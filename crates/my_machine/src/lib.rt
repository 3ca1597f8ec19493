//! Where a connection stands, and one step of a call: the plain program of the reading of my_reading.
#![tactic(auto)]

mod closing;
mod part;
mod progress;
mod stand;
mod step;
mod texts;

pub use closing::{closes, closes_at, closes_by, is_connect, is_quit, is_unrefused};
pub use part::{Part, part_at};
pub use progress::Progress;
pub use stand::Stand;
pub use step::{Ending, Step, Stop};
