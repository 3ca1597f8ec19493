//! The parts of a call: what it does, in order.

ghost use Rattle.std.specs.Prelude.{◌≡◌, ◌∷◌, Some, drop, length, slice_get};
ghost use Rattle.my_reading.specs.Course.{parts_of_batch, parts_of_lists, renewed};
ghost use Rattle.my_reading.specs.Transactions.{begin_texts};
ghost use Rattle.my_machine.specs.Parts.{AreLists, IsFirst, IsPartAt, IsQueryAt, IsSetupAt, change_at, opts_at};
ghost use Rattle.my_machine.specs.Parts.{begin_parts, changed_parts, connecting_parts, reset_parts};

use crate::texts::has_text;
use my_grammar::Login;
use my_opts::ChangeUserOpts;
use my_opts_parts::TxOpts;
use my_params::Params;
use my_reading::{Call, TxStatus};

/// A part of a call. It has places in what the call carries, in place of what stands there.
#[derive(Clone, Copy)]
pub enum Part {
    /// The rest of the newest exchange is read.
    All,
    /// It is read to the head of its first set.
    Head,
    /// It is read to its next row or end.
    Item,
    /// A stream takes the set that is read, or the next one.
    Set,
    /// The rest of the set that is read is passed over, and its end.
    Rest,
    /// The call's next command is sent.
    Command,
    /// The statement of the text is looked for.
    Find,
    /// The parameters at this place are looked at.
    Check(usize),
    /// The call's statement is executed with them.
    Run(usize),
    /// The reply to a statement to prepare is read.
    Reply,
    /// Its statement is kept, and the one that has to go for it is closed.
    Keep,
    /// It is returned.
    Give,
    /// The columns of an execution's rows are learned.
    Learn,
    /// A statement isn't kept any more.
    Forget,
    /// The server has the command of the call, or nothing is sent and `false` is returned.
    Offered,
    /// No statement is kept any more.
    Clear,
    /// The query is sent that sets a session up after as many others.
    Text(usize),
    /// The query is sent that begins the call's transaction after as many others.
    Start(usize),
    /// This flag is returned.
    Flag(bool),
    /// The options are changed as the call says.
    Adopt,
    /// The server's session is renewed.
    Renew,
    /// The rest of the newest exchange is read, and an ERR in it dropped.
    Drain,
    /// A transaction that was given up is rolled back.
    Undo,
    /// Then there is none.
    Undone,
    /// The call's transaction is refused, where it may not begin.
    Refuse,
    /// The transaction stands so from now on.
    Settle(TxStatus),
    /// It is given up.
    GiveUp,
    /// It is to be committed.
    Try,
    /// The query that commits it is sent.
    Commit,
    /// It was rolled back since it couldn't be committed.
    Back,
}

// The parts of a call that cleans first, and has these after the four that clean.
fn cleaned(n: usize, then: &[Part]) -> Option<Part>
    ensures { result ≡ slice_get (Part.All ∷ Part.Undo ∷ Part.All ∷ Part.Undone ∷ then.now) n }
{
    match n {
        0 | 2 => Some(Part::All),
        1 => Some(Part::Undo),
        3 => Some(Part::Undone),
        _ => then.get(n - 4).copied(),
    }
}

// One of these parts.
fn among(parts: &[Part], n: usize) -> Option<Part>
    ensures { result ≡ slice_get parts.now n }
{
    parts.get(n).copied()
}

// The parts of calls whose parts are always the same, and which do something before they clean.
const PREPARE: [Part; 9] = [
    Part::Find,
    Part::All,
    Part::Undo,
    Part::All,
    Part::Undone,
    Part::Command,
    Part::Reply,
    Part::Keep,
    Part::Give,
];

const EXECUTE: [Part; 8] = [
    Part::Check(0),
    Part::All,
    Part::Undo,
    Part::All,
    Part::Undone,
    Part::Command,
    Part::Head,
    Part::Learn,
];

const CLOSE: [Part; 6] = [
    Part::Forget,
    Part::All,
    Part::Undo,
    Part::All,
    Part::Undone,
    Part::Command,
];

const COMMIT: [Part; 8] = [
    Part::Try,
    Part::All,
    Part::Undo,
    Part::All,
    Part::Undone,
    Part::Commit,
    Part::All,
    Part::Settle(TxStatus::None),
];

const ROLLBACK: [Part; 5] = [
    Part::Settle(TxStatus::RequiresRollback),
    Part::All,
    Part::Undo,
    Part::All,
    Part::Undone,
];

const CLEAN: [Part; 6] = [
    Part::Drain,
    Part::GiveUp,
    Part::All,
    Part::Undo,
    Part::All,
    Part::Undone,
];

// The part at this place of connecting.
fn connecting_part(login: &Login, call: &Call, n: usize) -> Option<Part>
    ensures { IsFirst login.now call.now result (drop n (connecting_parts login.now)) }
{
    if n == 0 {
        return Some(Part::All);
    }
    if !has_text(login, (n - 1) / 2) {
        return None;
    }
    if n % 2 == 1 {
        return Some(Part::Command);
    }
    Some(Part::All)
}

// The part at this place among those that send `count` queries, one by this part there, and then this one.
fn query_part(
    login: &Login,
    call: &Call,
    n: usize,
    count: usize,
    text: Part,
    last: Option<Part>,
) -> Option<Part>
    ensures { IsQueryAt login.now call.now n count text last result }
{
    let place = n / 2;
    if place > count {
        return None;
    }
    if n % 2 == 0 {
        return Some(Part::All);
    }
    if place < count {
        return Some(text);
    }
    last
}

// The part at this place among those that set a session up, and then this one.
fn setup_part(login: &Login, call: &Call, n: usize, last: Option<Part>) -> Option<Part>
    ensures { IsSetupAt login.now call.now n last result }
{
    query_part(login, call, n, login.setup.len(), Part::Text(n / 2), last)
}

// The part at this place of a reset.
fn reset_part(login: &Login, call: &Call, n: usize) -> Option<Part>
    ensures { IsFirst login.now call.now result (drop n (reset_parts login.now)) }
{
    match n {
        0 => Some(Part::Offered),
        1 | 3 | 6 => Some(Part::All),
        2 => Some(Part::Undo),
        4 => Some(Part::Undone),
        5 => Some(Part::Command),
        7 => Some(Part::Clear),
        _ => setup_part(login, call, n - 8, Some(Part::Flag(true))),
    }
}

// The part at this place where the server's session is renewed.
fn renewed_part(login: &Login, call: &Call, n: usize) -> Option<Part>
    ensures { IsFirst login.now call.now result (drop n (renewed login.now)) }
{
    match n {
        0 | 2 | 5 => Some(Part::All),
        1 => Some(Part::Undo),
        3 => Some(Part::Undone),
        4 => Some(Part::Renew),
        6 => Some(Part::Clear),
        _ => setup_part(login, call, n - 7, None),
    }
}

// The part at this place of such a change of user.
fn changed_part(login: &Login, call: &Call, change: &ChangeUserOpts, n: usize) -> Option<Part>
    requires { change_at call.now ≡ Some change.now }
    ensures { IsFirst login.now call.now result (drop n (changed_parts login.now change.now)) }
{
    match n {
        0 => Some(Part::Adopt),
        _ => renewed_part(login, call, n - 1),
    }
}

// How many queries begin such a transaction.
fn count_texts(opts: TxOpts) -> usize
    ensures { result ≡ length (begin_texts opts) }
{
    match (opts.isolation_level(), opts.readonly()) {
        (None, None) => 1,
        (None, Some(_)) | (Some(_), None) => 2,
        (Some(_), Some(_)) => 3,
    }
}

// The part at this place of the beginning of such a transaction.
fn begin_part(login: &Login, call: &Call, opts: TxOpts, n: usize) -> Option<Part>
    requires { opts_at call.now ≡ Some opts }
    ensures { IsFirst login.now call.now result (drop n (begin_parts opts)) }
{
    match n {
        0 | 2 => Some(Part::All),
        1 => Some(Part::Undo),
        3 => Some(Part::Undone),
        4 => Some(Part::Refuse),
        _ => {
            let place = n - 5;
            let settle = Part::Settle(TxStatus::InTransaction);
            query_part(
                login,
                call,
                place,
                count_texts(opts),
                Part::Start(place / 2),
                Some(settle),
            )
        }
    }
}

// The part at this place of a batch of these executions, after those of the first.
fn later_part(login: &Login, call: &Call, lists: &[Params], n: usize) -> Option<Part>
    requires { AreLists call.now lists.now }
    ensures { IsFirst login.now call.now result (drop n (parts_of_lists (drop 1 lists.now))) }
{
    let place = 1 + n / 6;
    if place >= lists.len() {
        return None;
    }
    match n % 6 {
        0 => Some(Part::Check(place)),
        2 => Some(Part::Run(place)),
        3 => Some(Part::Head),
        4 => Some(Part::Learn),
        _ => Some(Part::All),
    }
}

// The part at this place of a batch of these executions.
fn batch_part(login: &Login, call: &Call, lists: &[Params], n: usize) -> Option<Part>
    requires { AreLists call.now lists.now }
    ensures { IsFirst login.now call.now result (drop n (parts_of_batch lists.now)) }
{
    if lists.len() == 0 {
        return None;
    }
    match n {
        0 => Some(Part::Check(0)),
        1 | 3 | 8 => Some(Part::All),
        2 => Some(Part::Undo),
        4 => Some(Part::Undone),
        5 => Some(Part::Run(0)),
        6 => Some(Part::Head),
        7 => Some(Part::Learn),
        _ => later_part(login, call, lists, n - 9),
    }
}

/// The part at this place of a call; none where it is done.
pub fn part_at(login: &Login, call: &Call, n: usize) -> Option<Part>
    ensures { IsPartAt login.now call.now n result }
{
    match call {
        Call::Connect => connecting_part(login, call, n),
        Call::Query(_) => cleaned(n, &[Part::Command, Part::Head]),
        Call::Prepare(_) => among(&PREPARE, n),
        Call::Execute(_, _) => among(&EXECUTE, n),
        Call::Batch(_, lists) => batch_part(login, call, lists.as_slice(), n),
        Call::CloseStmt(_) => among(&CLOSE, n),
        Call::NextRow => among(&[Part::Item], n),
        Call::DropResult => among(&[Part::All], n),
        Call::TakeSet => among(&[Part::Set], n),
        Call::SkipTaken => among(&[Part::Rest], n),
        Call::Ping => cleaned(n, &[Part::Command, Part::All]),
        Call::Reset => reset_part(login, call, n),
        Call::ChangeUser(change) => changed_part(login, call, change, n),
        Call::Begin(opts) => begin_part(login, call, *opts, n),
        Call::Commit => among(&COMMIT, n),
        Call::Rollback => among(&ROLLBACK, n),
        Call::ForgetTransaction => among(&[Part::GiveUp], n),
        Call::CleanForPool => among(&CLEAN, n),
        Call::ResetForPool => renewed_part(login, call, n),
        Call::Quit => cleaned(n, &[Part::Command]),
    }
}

################

ACTIVITY —
Lines in the listing above that contain the word "TxOpts" must be copied; leave out the rest.

THE ANSWER —
use my_opts_parts::TxOpts;
fn count_texts(opts: TxOpts) -> usize
fn begin_part(login: &Login, call: &Call, opts: TxOpts, n: usize) -> Option<Part>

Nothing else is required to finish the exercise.